INFORMATION SUPPLIED
//! The packets in a stream.

/// How many bytes of a packet are looked at: its length and its xid.
const HEAD: usize = 8;

/// What some bytes of a stream brought.
#[derive(Clone, Copy, Debug, PartialEq, Eq)]
pub struct Found {
    pub packets: u64,
    /// Those with xid -1, which are events and no answers.
    pub notices: u64,
}

/// How far the packets of a stream were counted: each counts when its length and its xid have come.
#[derive(Clone, Copy, Debug)]
pub struct PacketCount {
    head: [u8; HEAD],
    // How many bytes of the head have come.
    have: usize,
    // How many bytes of the packet are still to come after its head.
    left: usize,
}

// The bytes of a packet after its head.
fn rest_of(head: [u8; HEAD]) -> usize {
    let [a, b, c, d, _, _, _, _] = head;
    let len = u32::from_be_bytes([a, b, c, d]);
    (len as usize).saturating_sub(4)
}

fn is_notice(head: [u8; HEAD]) -> bool {
    let [_, _, _, _, a, b, c, d] = head;
    u32::from_be_bytes([a, b, c, d]) == u32::MAX
}

// The bytes after the first ones.
fn after(bytes: &[u8], first: usize) -> &[u8] {
    bytes.get(first..).unwrap_or(&[])
}

impl PacketCount {
    pub fn new() -> PacketCount {
        PacketCount {
            head: [0; HEAD],
            have: 0,
            left: 0,
        }
    }

    // Takes what is left of the packet off the bytes.
    fn skip<'a>(&mut self, bytes: &'a [u8]) -> &'a [u8] {
        let skipped = self.left.min(bytes.len());
        self.left = self.left.saturating_sub(skipped);
        after(bytes, skipped)
    }

    // Adds a byte of a head. Returns whether it is whole.
    fn add(&mut self, byte: u8) -> bool {
        if let Some(place) = self.head.get_mut(self.have) {
            *place = byte;
        }
        self.have = self.have.saturating_add(1);
        self.have >= HEAD
    }

    // Takes a whole head off the bytes, if they have one, and else a byte of it. Returns whether it is whole.
    fn take_head(&mut self, bytes: &mut &[u8]) -> bool {
        if self.have == 0 {
            if let Some(head) = bytes.first_chunk::<HEAD>() {
                self.head = *head;
                *bytes = after(bytes, HEAD);
                return true;
            }
        }
        match bytes.split_first() {
            None => false,
            Some((byte, rest)) => {
                *bytes = rest;
                self.add(*byte)
            }
        }
    }

    // Counts the packet whose head is whole.
    fn end_head(&mut self, found: &mut Found) {
        found.packets = found.packets.saturating_add(1);
        if is_notice(self.head) {
            found.notices = found.notices.saturating_add(1);
        }
        self.left = rest_of(self.head);
        self.have = 0;
    }

    /// Counts the packets whose heads end in these bytes, which come next.
    pub fn count(&mut self, bytes: &[u8]) -> Found {
        let mut found = Found {
            packets: 0,
            notices: 0,
        };
        let mut rest = bytes;
        // Each step takes a byte of a head at least.
        for _ in 0..bytes.len() {
            rest = self.skip(rest);
            if rest.is_empty() {
                break;
            }
            if self.take_head(&mut rest) {
                self.end_head(&mut found);
            }
        }
        found
    }
}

ACTIVITY
Pick out every line of the listing containing the word "many", and show those lines.

WRITTEN SOLUTION
/// How many bytes of a packet are looked at: its length and its xid.
    // How many bytes of the head have come.
    // How many bytes of the packet are still to come after its head.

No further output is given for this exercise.